There are a number of ways to secure your shareholder’s loan. The most common is to obtain a General Security Agreement. This is a document given by the company, pledging all assets of the company as security for repayment of your loan. This Agreement must be properly registered. In Ontario, for example, it would be registered under the Personal Property Securities Act. You should have it completed by your lawyer at the time of advancing funds, because even the slightest error could negate the registration.

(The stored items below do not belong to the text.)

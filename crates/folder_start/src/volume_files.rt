//! A folder whose files can be read.

ghost use Rattle.std.specs.Prelude.{◌≡◌, ⊤, [], ◌∷◌, IfOk};
ghost use Rattle.disk_model.specs.Disk.{opened};

use disk_files::{OpenedFile, RealVolumes};
use disk_model::{Folder, LastFiles};
use std::io;

/// The folder of a server's volumes, whose files can be read.
pub trait VolumeFiles: Folder {
    ghost use Rattle.disk_model.specs.declared.last_files.LastFiles.{LastFiles as LastFilesValue};

    /// A call of `last_files` may have given these. Nothing else says so: a contract that promises it of files, and has
    /// none before, wants a call.
    ghost has_last: { Self → LastFilesValue → Type 0 };

    /// Reads the last two files, or as many as there are.
    fn last_files(&self) -> io::Result<LastFiles>
        ensures { IfOk result (has_last self.now) };

    /// Reads all of a volume's file, by its number from 1.
    fn read_volume(&self, number: usize) -> io::Result<Vec<u8>>;

    /// Opens the last file, to go on with it, and reads all of it.
    fn open_last(&self) -> io::Result<(Self::File, Vec<u8>)>
        ensures { IfOk result (λ found. Self.File.calls found.0 ≡ opened found.1.items ∷ []) };
}

impl VolumeFiles for RealVolumes {
    ghost has_last = { λ _ _. ⊤ };

    fn last_files(&self) -> io::Result<LastFiles> {
        self.last_files()
    }

    fn read_volume(&self, number: usize) -> io::Result<Vec<u8>> {
        self.read_volume(number)
    }

    fn open_last(&self) -> io::Result<(Self::File, Vec<u8>)> {
        let OpenedFile { file, content } = self.open_last()?;
        Ok((file, content))
    }
}
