//! A search for evidence over the spans that `who` takes where the interval begins.

ghost use Rattle.std.specs.Prelude.{IfOk};
ghost use Rattle.joined_evidence.specs.Walking.{IsTried, IsTriedAt};

use crate::asking::asked_at;
use crate::span_searching::SpanEvidence;
use crate::walking::{is_barring, walked};
use archive_files::{FilesError, JournalFiles};
use evidence_search::Query;
use joined_answers::{MomentSpans, spans_at};
use journal_archive::Archive;
use plain_search::HolderQuery;
use std::alloc::Global;
use std::thread::Threads;

/// Searches for evidence over the spans that show a moment, and over wider ones. `Changed` where a file isn't what the
/// archive knows of it, `Memory` where a growth was refused.
fn tried_at<F: JournalFiles>(
    rt: &(impl Threads + Sync),
    alloc: Global,
    files: &F,
    archive: &Archive,
    query: &Query,
    moment: &HolderQuery,
) -> Result<Option<SpanEvidence>, FilesError>
    ensures { IfOk result (IsTriedAt (F.had files.now) archive.now query.now moment.now) }
{
    let spans = match spans_at(alloc, files, archive, moment) {
        Ok(spans) => spans,
        Err(error) => {
            if is_barring(&error) {
                return Ok(None);
            }
            return Err(error);
        }
    };
    match spans {
        MomentSpans::Read(read) => walked(rt, alloc, files, archive, read, query, moment),
        MomentSpans::Lacking(_, _) => Ok(None),
    }
}

/// Searches for evidence over the spans that `who` takes where the interval begins; returns that of the first over
/// which some is found. `Changed` where a file isn't what the archive knows of it, `Memory` where a growth was refused.
pub(crate) fn tried_over_spans<F: JournalFiles>(
    rt: &(impl Threads + Sync),
    alloc: Global,
    files: &F,
    archive: &Archive,
    query: &Query,
) -> Result<Option<SpanEvidence>, FilesError>
    ensures { IfOk result (IsTried (F.had files.now) archive.now query.now) }
{
    let moment = asked_at(query);
    tried_at(rt, alloc, files, archive, query, &moment)
}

This type of security is usually provided to support a documented loan agreement which would reflect the conditions under which the loan is being advanced, the rate of interest being charged, the terms of repayment, and the conditions under which you, as the secured lender, have the right to seize and dispose of the collateral to repay the loan. In the normal course of business, this documentation will have no immediate bearing on the company’s operations.

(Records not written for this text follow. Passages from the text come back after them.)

//! Whether a server has a partner, by its settings and by its lines; and whether it goes on without `restart`.

ghost use Rattle.std.specs.Prelude.{◌≡◌, IsTrue, OnOk, false};
ghost use Rattle.order_book.specs.Replayed.{state_of};
ghost use Rattle.folder_start.specs.Pairing.{shows_partner, show_partner, shows_no_partner, is_alone};
ghost use Rattle.folder_start.specs.Pairing.{IsSurvivor, GoesOn, StepGoesOn, StartGoesOn, CanBeAnswered, StepCanBeAnswered};
ghost use Rattle.folder_start.specs.Pairing.{shows_lease, show_lease};
ghost use Rattle.folder_start.specs.declared.pairing.Pairing.TheVariants.{Alone};

use crate::failing::StartFailure;
use binding_rules::Counter;
use journal_lines::{Event, Line};
use order_book::Book;
use server_start::StartAction;
use volume_store::ResumeStep;

/// Whether a server has a partner.
#[derive(Clone, Copy, Debug, PartialEq, Eq)]
pub enum Pairing {
    Paired,
    /// Its settings say that it has none.
    Alone,
}

/// Returns whether a line shows that its server has had a partner: it sends or takes a message, or an earlier volume
/// did, or waits for an answer.
fn shows_partner(event: &Event) -> bool
    ensures { result ≡ shows_partner event.now }
{
    match event {
        Event::Send(_) | Event::Take(_) => true,
        Event::Base(numbers) => numbers.serial > Counter::ZERO || numbers.waiting,
        _ => false,
    }
}

/// Returns whether one of these lines shows a partner.
fn show_partner(lines: &[Line]) -> bool
    ensures { result ≡ show_partner lines.now }
{
    lines.iter().any(|line| shows_partner(&line.event))
}

/// Returns whether a book shows no partner: none of its lines does, and none is taken for down.
fn shows_no_partner(book: &Book) -> bool
    ensures { result ≡ shows_no_partner book.now }
{
    book.down().is_none() && !show_partner(book.journal())
}

/// Returns whether a server is alone with a book: it has no partner and never had one by its lines, so that nobody can
/// have taken it for down meanwhile.
fn is_alone(book: &Book, pairing: Pairing) -> bool
    ensures { result ≡ is_alone pairing book.now }
{
    match pairing {
        Pairing::Alone => shows_no_partner(book),
        Pairing::Paired => false,
    }
}

/// Returns whether a server with this book is a survivor: its partner is taken for down, or a unit is marked.
#[tactic(auto, using(crate::proofs::Surviving::by_down, crate::proofs::Surviving::by_mark, crate::proofs::Surviving::by_none))]
pub fn is_survivor(book: &Book) -> bool
    ensures yes { IsTrue result → IsSurvivor book.now }
    ensures no { result ≡ false → IsSurvivor book.now → ⊥ }
{
    match book.down() {
        Some(_) => true,
        None => match book.next_mark(0) {
            Some(_) => true,
            None => false,
        },
    }
}

/// Returns whether a server goes on with a book as it is: a survivor, or one that is alone.
#[tactic(auto, using(crate::proofs::Surviving::survivor_goes_on, crate::proofs::Surviving::alone_goes_on, crate::proofs::Surviving::neither_goes_on))]
fn goes_on(book: &Book, pairing: Pairing) -> bool
    ensures yes { IsTrue result → GoesOn pairing book.now }
    ensures no { result ≡ false → GoesOn pairing book.now → ⊥ }
{
    if is_survivor(book) {
        return true;
    }
    is_alone(book, pairing)
}

/// Returns whether a server goes on without `restart` with the open book that its folder leads to.
pub(crate) fn step_goes_on(step: &ResumeStep, pairing: Pairing) -> bool
    ensures yes { IsTrue result → StepGoesOn pairing step.now }
    ensures no { result ≡ false → StepGoesOn pairing step.now → ⊥ }
{
    match step {
        ResumeStep::GoOn(book) => goes_on(book, pairing),
        ResumeStep::BeginFirst | ResumeStep::End(_) | ResumeStep::BeginNext(_) => false,
    }
}

/// Returns whether the settings say that there is no partner.
fn is_lone(pairing: Pairing) -> bool
    ensures yes { IsTrue result → pairing ≡ Alone }
    ensures no { result ≡ false → pairing ≡ Alone → ⊥ }
{
    match pairing {
        Pairing::Alone => true,
        Pairing::Paired => false,
    }
}

/// Returns whether no line `restart` follows what a server begins with. A book that goes on has had its line.
pub(crate) fn start_goes_on(start: &StartAction, pairing: Pairing) -> bool
    ensures yes { IsTrue result → StartGoesOn pairing start.now }
    ensures no { result ≡ false → StartGoesOn pairing start.now → ⊥ }
{
    match start {
        StartAction::End(book) | StartAction::Next(book) => goes_on(book, pairing),
        StartAction::First => is_lone(pairing),
        StartAction::GoOn(_) => true,
    }
}

/// Returns whether a line shows that there may be leases: of its own volume, of one before, or of a partner that was
/// given units or talked to.
fn shows_lease(event: &Event) -> bool
    ensures { result ≡ shows_lease event.now }
{
    match event {
        Event::Grant(_) | Event::Carry(_) | Event::Unit(_) => true,
        Event::Backup(_) | Event::Send(_) | Event::Take(_) => true,
        _ => false,
    }
}

/// Returns whether one of these lines shows that there may be leases.
fn show_lease(lines: &[Line]) -> bool
    ensures { result ≡ show_lease lines.now }
{
    lines.iter().any(|line| shows_lease(&line.event))
}

/// Refuses a book that waits for its partner's answer: `NeverAnswered` where none of its lines shows that there may be
/// leases, else `WaitsForPartner`.
fn not_waiting(book: &Book) -> Result<(), StartFailure>
    ensures { OnOk result ((state_of book.now).waiting ≡ false) }
{
    if !book.waiting() {
        return Ok(());
    }
    if show_lease(book.journal()) {
        Err(StartFailure::WaitsForPartner)
    } else {
        Err(StartFailure::NeverAnswered)
    }
}

/// Refuses such a book to a server that has no partner.
fn answerable(book: &Book, pairing: Pairing) -> Result<(), StartFailure>
    ensures { OnOk result (CanBeAnswered pairing book.now) }
{
    match pairing {
        Pairing::Alone => not_waiting(book),
        Pairing::Paired => Ok(()),
    }
}

/// Refuses to go on with what a folder leads to where it waits for an answer that nobody can give.
pub(crate) fn step_answerable(step: &ResumeStep, pairing: Pairing) -> Result<(), StartFailure>
    ensures { OnOk result (StepCanBeAnswered pairing step.now) }
{
    match step {
        ResumeStep::BeginFirst => Ok(()),
        ResumeStep::GoOn(book) | ResumeStep::End(book) | ResumeStep::BeginNext(book) => {
            answerable(book, pairing)
        }
    }
}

However, circumstances change. An unanticipated lawsuit could render the company insolvent. A dramatic reversal in the marketplace, or some other catastrophe, could suddenly change your focus to one of preserving your own personal position ahead of the company and its unsecured creditors.
Your company’s obligations to its unsecured creditors are as real as its obligations to its bank and yourself. There is nothing improper or immoral in establishing your priority position in this manner. The very fact that you are operating a “limited liability corporation” serves notice to your creditors that they are unsecured if the business fails. They always have the right to search under the Personal Property Securities Act and determine who is registered ahead of them.

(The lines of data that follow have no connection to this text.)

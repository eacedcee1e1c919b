//! What each client has, as lines come.

ghost use Rattle.std.specs.Prelude.{◌≡◌, ◌≤◌, ◌⊎◌, ◌↔◌, true, IsTrue, IfSome, IfErr, IfOk, OnOk, Some};
ghost use Rattle.book_state.specs.Book.{is_in, units_in};
ghost use Rattle.book_state.specs.Effects.{after};
ghost use Rattle.book_state.specs.Places.{IsPool};
ghost use Rattle.book_rules.specs.Rules.{IsStep};
ghost use Rattle.book_rules.specs.State.{state};
ghost use Rattle.unit_index.specs.declared.leasing.LeaseKey.{LeaseKey as LeasedValue};
ghost use Rattle.unit_index.specs.Units.{IsLeastOf};
ghost use Rattle.unit_index.specs.Leases.{AreLeases, HasLease, IsHeld, leased, leased_under};
ghost use Rattle.unit_index.specs.Leases.{coming_in, coming_of, held_before};
ghost use Rattle.unit_index.specs.Subjects.{KeepsPools};

use crate::leasing::LeaseKey;
use crate::subject::subject_of;
use binding_rules::{Body, Status, UnitStatus, renewable};
use book_rules::{Pool, Table};
use client_id::{Duid, Iaid};
use journal_lines::{Event, Line};
use prefix_range::Prefix;
use std::alloc::{AllocError, Global};
use std::collections::BTreeSet;

/// Returns what a unit of this status is delegated under.
fn leased_under(prefix: &Prefix, status: &UnitStatus) -> Option<LeaseKey>
    ensures { result ≡ leased_under prefix.now status.now }
{
    match status {
        UnitStatus::Active(binding) => Some(LeaseKey {
            iaid: binding.iaid,
            client: binding.client,
            prefix: *prefix,
        }),
        _ => None,
    }
}

fn coming_in(body: &Body) -> Option<LeaseKey>
    ensures { result ≡ coming_in body.now }
{
    match body {
        Body::Update(update) => match (update.status, update.client) {
            (Status::Active, Some(client)) => Some(LeaseKey {
                iaid: update.iaid,
                client,
                prefix: update.prefix,
            }),
            _ => None,
        },
        _ => None,
    }
}

/// The only lease that an event may begin.
fn coming_of(event: &Event) -> Option<LeaseKey>
    ensures { result ≡ coming_of event.now }
{
    match event {
        Event::Unit(kept) => leased_under(&kept.prefix, &kept.status),
        Event::Grant(lease) => Some(LeaseKey {
            iaid: lease.iaid,
            client: lease.client,
            prefix: lease.prefix,
        }),
        Event::Take(message) => coming_in(&message.body),
        _ => None,
    }
}

/// Returns what the unit that an event is about is delegated under before it.
fn held_before(table: &Table, event: &Event) -> Option<LeaseKey>
    ensures { result ≡ held_before (state table.now) event.now }
{
    match subject_of(event) {
        Some(prefix) => leased_under(&prefix, &table.unit_or_fresh(&prefix).status),
        None => None,
    }
}

/// Returns whether a client has a unit, by a table.
fn is_held(table: &Table, held: &LeaseKey) -> bool
    ensures { IsTrue result ↔ IsHeld (state table.now) held.now }
{
    // from this call the proof learns what every prefix keeps
    let _length = held.prefix.len();
    match table.unit(&held.prefix) {
        Some(unit) => renewable(&unit, &held.client, held.iaid),
        None => false,
    }
}

/// Forgets what a client no longer has.
fn settle(leases: &mut BTreeSet<LeaseKey>, table: &Table, held: &Option<LeaseKey>)
    ensures fewer { (h : LeasedValue) → HasLease leases.new h → HasLease leases.old h }
    ensures gone { (h : LeasedValue) → held.now ≡ Some h → HasLease leases.new h → IsHeld (state table.now) h }
    ensures kept { (h : LeasedValue) → IsHeld (state table.now) h → HasLease leases.old h → HasLease leases.new h }
{
    if let Some(held) = held {
        if !is_held(table, held) {
            leases.remove(held);
        }
    }
}

/// Notes what a client may come to have.
fn expect(leases: &mut BTreeSet<LeaseKey>, held: &Option<LeaseKey>) -> Result<(), AllocError>
    ensures more { (h : LeasedValue) → HasLease leases.old h → HasLease leases.new h }
    ensures only { (h : LeasedValue) → HasLease leases.new h → HasLease leases.old h ⊎ (held.now ≡ Some h) }
    ensures there { OnOk result ((h : LeasedValue) → held.now ≡ Some h → HasLease leases.new h) }
    ensures refused { IfErr result (λ _. (h : LeasedValue) → HasLease leases.new h → HasLease leases.old h) }
{
    if let Some(held) = held {
        leases.insert(*held)?;
    }
    Ok(())
}

/// Enters a line that breaks no rule and adds no pool. Where the memory is refused nothing has changed.
pub(crate) fn enter(
    table: &mut Table,
    leases: &mut BTreeSet<LeaseKey>,
    line: &Line,
) -> Result<(), AllocError>
    requires step { IsStep (state table.old) line.now }
    requires pools { KeepsPools line.now.event }
    ensures entered { OnOk result (state table.new ≡ after (state table.old) line.now) }
    ensures refused { IfErr result (λ _. state table.new ≡ state table.old) }
    ensures held { AreLeases (state table.old) leases.old → AreLeases (state table.new) leases.new }
{
    let before = held_before(table, &line.event);
    let coming = coming_of(&line.event);
    expect(leases, &coming)?;
    match table.enter(line) {
        Ok(()) => {
            settle(leases, table, &before);
            settle(leases, table, &coming);
            Ok(())
        }
        Err(error) => {
            settle(leases, table, &coming);
            Err(error)
        }
    }
}

/// Returns what a prefix is delegated under, where it is a unit.
fn held_by(table: &Table, prefix: &Prefix) -> Option<LeaseKey>
    ensures sound { IfSome result (IsHeld (state table.now)) }
    ensures exact { (h : LeasedValue) → IsHeld (state table.now) h → h.prefix ≡ prefix.now → result ≡ Some h }
{
    match table.unit(prefix) {
        Some(unit) => leased_under(prefix, &unit.status),
        None => None,
    }
}

/// Adds what clients have of a pool.
fn add_pool(leases: &mut BTreeSet<LeaseKey>, table: &Table, pool: &Pool) -> Result<(), AllocError>
    requires pool { IsPool pool.now }
    requires few { units_in pool.now ≤ 65536 }
    ensures sound { ((h : LeasedValue) → HasLease leases.old h → IsHeld (state table.now) h)
        → (h : LeasedValue) → HasLease leases.new h → IsHeld (state table.now) h }
    ensures more { OnOk result ((h : LeasedValue) → HasLease leases.old h → HasLease leases.new h) }
    ensures all { OnOk result ((h : LeasedValue) → IsHeld (state table.now) h → is_in pool.now h.prefix ≡ true
        → HasLease leases.new h) }
{
    for index in 0..pool.count() {
        let held = held_by(table, &pool.unit(index));
        expect(leases, &held)?;
    }
    Ok(())
}

/// Returns what clients have by a table.
pub(crate) fn leases_of(alloc: Global, table: &Table) -> Result<BTreeSet<LeaseKey>, AllocError>
    ensures { IfOk result (AreLeases (state table.now)) }
{
    let mut leases = BTreeSet::new(alloc);
    for pool in table.pools() {
        add_pool(&mut leases, table, pool)?;
    }
    Ok(leases)
}

/// No prefix stands before this one.
fn first_prefix() -> Prefix
    ensures { result ≡ record { address = 0; length = 0 } }
{
    match Prefix::new(0, 0) {
        Ok(prefix) => prefix,
        Err(_) => unreachable!(),
    }
}

/// The lowest unit that a client has under an identity association.
pub(crate) fn lowest_leased(
    leases: &BTreeSet<LeaseKey>,
    client: &Duid,
    iaid: Iaid,
) -> Option<Prefix>
    ensures { IsLeastOf (λ p. HasLease leases.now (leased client.now iaid p)) result }
{
    let from = LeaseKey {
        iaid,
        client: *client,
        prefix: first_prefix(),
    };
    let Some(first) = leases.range(from..).next() else {
        return None;
    };
    if first.iaid != iaid {
        return None;
    }
    if first.client != *client {
        return None;
    }
    Some(first.prefix)
}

They also have the right to demand security from the company before they sell to it on an unsecured basis. That is always a matter of negotiation. Creditors can obtain, for example, either a Purchase Money Security Interest in the specific goods being sold to you, or a General Security Agreement over all company assets.
When Trustees in Bankruptcy distribute liquidation proceeds to unsecured creditors, loans from shareholders are often included in the category of unsecured debts. As a result, it is common for shareholders to realize only a small pro-rata portion, if anything at all, out of the available funds.
In situations where the loans have been properly advanced and appropriate security has been pledged and registered, shareholders receive their money ahead of the unsecured creditors. And, in these instances, a shareholder loan is often fully repaid.
An additional benefit of properly securing shareholder loans arises when the company is facing financial pressures. Having a shareholder’s secured loan in place will sometimes allow certain reorganization options to be implemented, which would not be possible without the secured loan being there.
The point is that, for minimal cost, no matter how healthy the business is at the time of the loan, shareholders should always secure their loans to their corporations. Shareholders never invest money in their businesses with the expectation that the businesses will fail. Yet things change and some do not survive.
An investment in your business deserves the same care that you would apply to any other investment, and at least the same protection that a bank would require when lending to your business.